■ YOUR OBJECTIVE ■
Below are records. Find each line in them that holds the word "repeated" and copy it.

■ DATA SUPPLIED ■

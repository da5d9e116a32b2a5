//! The words of the command line, in the order in which the help texts have them.
//! See docs/DECISIONS.md, "The words of a command line are a table".

/// What an argument takes.
#[derive(Clone, Copy)]
pub(crate) enum Takes {
    /// A word at its place, which has to be there. It has this name in the help.
    Word(&'static str),
    /// A value after its name, which has to be there.
    NeededValue(&'static str),
    /// A value after its name.
    Value(&'static str),
    /// A value after its name, each time that it is given.
    Values(&'static str),
    /// No value.
    Nothing,
}

/// An argument.
#[derive(Clone, Copy)]
pub(crate) struct ArgumentWords {
    pub(crate) name: &'static str,
    pub(crate) takes: Takes,
    pub(crate) help: &'static str,
}

/// A subcommand.
#[derive(Clone, Copy)]
pub(crate) struct SubcommandWords {
    pub(crate) name: &'static str,
    /// What the help says of it.
    pub(crate) about: &'static str,
    pub(crate) arguments: &'static [ArgumentWords],
    /// Those that another one has as well.
    pub(crate) shared: &'static [ArgumentWords],
}

/// The options that set up a relay.
pub(crate) const RELAY: &[ArgumentWords] = &[
    ArgumentWords {
        name: "realm",
        takes: Takes::Value("R"),
        help: "The realm; relay by default",
    },
    ArgumentWords {
        name: "user",
        takes: Takes::Values("NAME:PASSWORD"),
        help: "A user, whose name ends at the first colon; may be repeated. Other users of the machine can see it: see --users",
    },
    ArgumentWords {
        name: "users",
        takes: Takes::Value("FILE"),
        help: "A file of users: NAME:PASSWORD a line",
    },
    ArgumentWords {
        name: "secret",
        takes: Takes::Value("FILE"),
        help: "A file with the secret of time-limited credentials, a line of 16 to 128 bytes; a former one may follow",
    },
    ArgumentWords {
        name: "revoked",
        takes: Takes::Value("FILE"),
        help: "A file of users whose credentials aren't accepted, one a line; none by default",
    },
    ArgumentWords {
        name: "slots",
        takes: Takes::Value("N"),
        help: "How many allocations there may be at once; 16 by default",
    },
    ArgumentWords {
        name: "user-slots",
        takes: Takes::Value("N"),
        help: "How many allocations a user may have at once; as many as there may be by default",
    },
    ArgumentWords {
        name: "relay-ip",
        takes: Takes::Value("A"),
        help: "The relayed IPv4 address; 127.0.0.1 by default, and of a server that of --listen",
    },
    ArgumentWords {
        name: "relay-ip6",
        takes: Takes::Value("HEX"),
        help: "The relayed IPv6 address, in 32 hexadecimal digits; none by default",
    },
    ArgumentWords {
        name: "first-port",
        takes: Takes::Value("P"),
        help: "The relayed port of slot 0; 49152 by default",
    },
    ArgumentWords {
        name: "client",
        takes: Takes::Value("FILE"),
        help: "The program for clients' datagrams; CLIENT by default",
    },
    ArgumentWords {
        name: "peer",
        takes: Takes::Value("FILE"),
        help: "The program for peers' datagrams; PEER by default",
    },
    ArgumentWords {
        name: "same-as",
        takes: Takes::Values("A=B"),
        help: "An address that a program may send to where the client has permitted B in its place; may be repeated",
    },
];

/// No arguments.
const NONE: &[ArgumentWords] = &[];

/// The program in a file.
const FILE: ArgumentWords = ArgumentWords {
    name: "file",
    takes: Takes::Word("FILE"),
    help: "The program: its encoded instructions (RFC 9669), 1 to 4,096 slots of 8 bytes",
};

/// The source map of a program that is read.
const LINES: ArgumentWords = ArgumentWords {
    name: "lines",
    takes: Takes::Value("MAP"),
    help: "The program's source map, whose lines are printed beside its slots",
};

/// The source map of a program that is written.
const NEW_LINES: ArgumentWords = ArgumentWords {
    name: "lines",
    takes: Takes::Value("MAP"),
    help: "Write the source map of the new program to a file, too: SLOT FILE:LINE and its text for each slot",
};

/// Those of `assemble`.
const ASSEMBLE: &[ArgumentWords] = &[
    ArgumentWords {
        name: "in",
        takes: Takes::Word("IN"),
        help: "The text of a program: one instruction or label a line",
    },
    ArgumentWords {
        name: "out",
        takes: Takes::Word("OUT"),
        help: "The file to write: the program's encoded instructions",
    },
    NEW_LINES,
];

/// Those of `order`.
const ORDER: &[ArgumentWords] = &[
    ArgumentWords {
        name: "in",
        takes: Takes::Word("IN"),
        help: "The program: its encoded instructions (RFC 9669), 1 to 4,096 slots of 8 bytes",
    },
    ArgumentWords {
        name: "out",
        takes: Takes::Word("OUT"),
        help: "The file to write: the program's encoded instructions",
    },
    NEW_LINES,
    ArgumentWords {
        name: "from",
        takes: Takes::Value("MAP"),
        help: "The source map of IN, whose lines are those of the new one; the slots of IN by default",
    },
];

/// Those of `disassemble`.
const DISASSEMBLE: &[ArgumentWords] = &[
    FILE,
    ArgumentWords {
        name: "slots",
        takes: Takes::Nothing,
        help: "Write the slot of each instruction after it, as a comment",
    },
    LINES,
];

/// Those of `verify`.
const VERIFY: &[ArgumentWords] = &[FILE, LINES];

/// Those of `explain`.
const EXPLAIN: &[ArgumentWords] = &[
    FILE,
    ArgumentWords {
        name: "slot",
        takes: Takes::Value("N"),
        help: "Print each state from which the verifier made a step at this slot",
    },
    LINES,
];

/// Those of `graph`.
const GRAPH: &[ArgumentWords] = &[FILE, LINES];

/// Those of `trace`.
const TRACE: &[ArgumentWords] = &[
    FILE,
    ArgumentWords {
        name: "data",
        takes: Takes::Value("HEX"),
        help: "The datagram in hexadecimal digits, at most 65,507 bytes; empty by default",
    },
    ArgumentWords {
        name: "side",
        takes: Takes::Value("SIDE"),
        help: "The side that it comes from: client, which is the default, or peer",
    },
    ArgumentWords {
        name: "source",
        takes: Takes::Value("A:P"),
        help: "The address and the port that it comes from; 127.0.0.1:9 by default",
    },
    ArgumentWords {
        name: "tx",
        takes: Takes::Value("HEX"),
        help: "The transaction id, in 24 hexadecimal digits; zeros by default",
    },
    ArgumentWords {
        name: "permit",
        takes: Takes::Values("A"),
        help: "An address that the client's allocation permits; may be repeated",
    },
    ArgumentWords {
        name: "channel",
        takes: Takes::Values("N=A:P"),
        help: "A channel of the client's allocation, as 0x4000=192.0.2.7:5000; may be repeated",
    },
    LINES,
];

/// Those of `replay` alone.
const REPLAY: &[ArgumentWords] = &[
    ArgumentWords {
        name: "events",
        takes: Takes::Word("EVENTS"),
        help: "The events, one a line, as docs/EVENTS.md says; - reads standard input",
    },
    ArgumentWords {
        name: "nonce",
        takes: Takes::Value("TEXT"),
        help: "The nonce; n1 by default",
    },
    ArgumentWords {
        name: "why",
        takes: Takes::Nothing,
        help: "Print after each answer what was granted, or which test failed",
    },
    ArgumentWords {
        name: "confine",
        takes: Takes::Nothing,
        help: "Confine the programs to the peers that clients have permitted, as serve does",
    },
    ArgumentWords {
        name: "trace",
        takes: Takes::Value("N"),
        help: "Print each instruction of the run of the event on line N, in place of the answers",
    },
    ArgumentWords {
        name: "cover",
        takes: Takes::Nothing,
        help: "Print to standard error how often each instruction of the programs ran, and each jump was taken",
    },
    ArgumentWords {
        name: "client-lines",
        takes: Takes::Value("MAP"),
        help: "The source map of the program for clients' datagrams, whose lines --trace and --cover print",
    },
    ArgumentWords {
        name: "peer-lines",
        takes: Takes::Value("MAP"),
        help: "The source map of the program for peers' datagrams, whose lines --trace and --cover print",
    },
    ArgumentWords {
        name: "against",
        takes: Takes::Value("FILE"),
        help: "Print only the answers that differ with this program for clients' datagrams, and how many there are",
    },
    ArgumentWords {
        name: "against-peer",
        takes: Takes::Value("FILE"),
        help: "Print only the answers that differ with this program for peers' datagrams, and how many there are",
    },
];

/// Those of `serve` alone.
pub(crate) const SERVE: &[ArgumentWords] = &[
    ArgumentWords {
        name: "port",
        takes: Takes::NeededValue("P"),
        help: "The UDP port for clients; TURN's own is 3478",
    },
    ArgumentWords {
        name: "options",
        takes: Takes::Value("FILE"),
        help: "A file of further options, one a line as on the command line; # begins a comment",
    },
    ArgumentWords {
        name: "listen",
        takes: Takes::Value("A"),
        help: "The IPv4 address that the sockets are bound to; 127.0.0.1 by default",
    },
    ArgumentWords {
        name: "listen6",
        takes: Takes::Value("A"),
        help: "An IPv6 address that each slot has a further socket at; none by default",
    },
    ArgumentWords {
        name: "buffer",
        takes: Takes::Value("BYTES"),
        help: "What each socket holds of datagrams that came, and of those to send; 4194304 by default",
    },
    ArgumentWords {
        name: "reuse-port",
        takes: Takes::Nothing,
        help: "Let other processes serve the same port; the system keeps each client with one of them",
    },
    ArgumentWords {
        name: "deny",
        takes: Takes::Values("NETWORK"),
        help: "A network, as 10.0.0.0/8, that nothing is sent to; may be repeated, and the longest prefix decides",
    },
    ArgumentWords {
        name: "allow",
        takes: Takes::Values("NETWORK"),
        help: "A network of one that nothing is sent to, that is sent to all the same; may be repeated",
    },
    ArgumentWords {
        name: "relayed-ports",
        takes: Takes::Value("P-P"),
        help: "The ports of the server's own addresses that are sent to; those of the slots by default",
    },
    ArgumentWords {
        name: "unconfined",
        takes: Takes::Nothing,
        help: "Let the programs send to and from peers that clients haven't permitted",
    },
    ArgumentWords {
        name: "shadow-client",
        takes: Takes::Value("FILE"),
        help: "A program that runs beside that for clients' datagrams and decides nothing; where it differs is counted",
    },
    ArgumentWords {
        name: "shadow-peer",
        takes: Takes::Value("FILE"),
        help: "A program that runs beside that for peers' datagrams and decides nothing; where it differs is counted",
    },
    ArgumentWords {
        name: "rounds",
        takes: Takes::Value("N"),
        help: "End after N rounds, which never wait: each tries one receive at each socket",
    },
    ArgumentWords {
        name: "nonce-lifetime",
        takes: Takes::Value("S"),
        help: "The seconds after which a new nonce is drawn; 3600 by default",
    },
    ArgumentWords {
        name: "stats",
        takes: Takes::Value("S"),
        help: "Print counters to standard error each S seconds, and after the last round",
    },
    ArgumentWords {
        name: "metrics",
        takes: Takes::Value("FILE"),
        help: "Write the counters to a file each 15 seconds, in the text format of Prometheus",
    },
    ArgumentWords {
        name: "record",
        takes: Takes::Value("FILE"),
        help: "Write each event to a new file, as replay reads it: what users send is in it",
    },
    ArgumentWords {
        name: "record-limit",
        takes: Takes::Value("BYTES"),
        help: "What the file of --record has at most, in whole lines; 1073741824 by default",
    },
    ArgumentWords {
        name: "log",
        takes: Takes::Nothing,
        help: "Print allocations and refused credentials to standard error, at most 100 lines a second",
    },
];

/// Those of `check`.
const CHECK: &[ArgumentWords] = &[
    ArgumentWords {
        name: "server",
        takes: Takes::Word("HOST:PORT"),
        help: "The server: its address, or its name, and the port for clients",
    },
    ArgumentWords {
        name: "user",
        takes: Takes::Value("NAME:PASSWORD"),
        help: "A user to make an allocation with, whose name ends at the first colon; none by default",
    },
];

/// The subcommands.
pub(crate) const SUBCOMMANDS: [SubcommandWords; 10] = [
    SubcommandWords {
        name: "assemble",
        about: "Assemble the text of a program, or print which line is wrong",
        arguments: ASSEMBLE,
        shared: NONE,
    },
    SubcommandWords {
        name: "order",
        about: "Put a program in an order in which every jump leads forward, or print where it has a loop",
        arguments: ORDER,
        shared: NONE,
    },
    SubcommandWords {
        name: "disassemble",
        about: "Print a program as text, which assembles to the same program",
        arguments: DISASSEMBLE,
        shared: NONE,
    },
    SubcommandWords {
        name: "verify",
        about: "Verify a program, and print which instruction is refused and why",
        arguments: VERIFY,
        shared: NONE,
    },
    SubcommandWords {
        name: "explain",
        about: "Print what the verifier knows at each instruction, or the path to the one that it refuses, and why",
        arguments: EXPLAIN,
        shared: NONE,
    },
    SubcommandWords {
        name: "graph",
        about: "Print the blocks of a program and its jumps in the language DOT, with the path to a refusal in red",
        arguments: GRAPH,
        shared: NONE,
    },
    SubcommandWords {
        name: "trace",
        about: "Run a program over one datagram, and print each instruction as it is reached",
        arguments: TRACE,
        shared: NONE,
    },
    SubcommandWords {
        name: "replay",
        about: "Replay events through a relay, and print the answer to each",
        arguments: REPLAY,
        shared: RELAY,
    },
    SubcommandWords {
        name: "serve",
        about: "Serve clients and peers over UDP, until it is stopped; programs whose files change are replaced",
        arguments: SERVE,
        shared: RELAY,
    },
    SubcommandWords {
        name: "check",
        about: "Check a server as a client does, and print what works and how long it took",
        arguments: CHECK,
        shared: NONE,
    },
];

■ OUTPUT OF THE TASK ■
        help: "A user, whose name ends at the first colon; may be repeated. Other users of the machine can see it: see --users",
        help: "An address that a program may send to where the client has permitted B in its place; may be repeated",
        help: "An address that the client's allocation permits; may be repeated",
        help: "A channel of the client's allocation, as 0x4000=192.0.2.7:5000; may be repeated",
        help: "A network, as 10.0.0.0/8, that nothing is sent to; may be repeated, and the longest prefix decides",
        help: "A network of one that nothing is sent to, that is sent to all the same; may be repeated",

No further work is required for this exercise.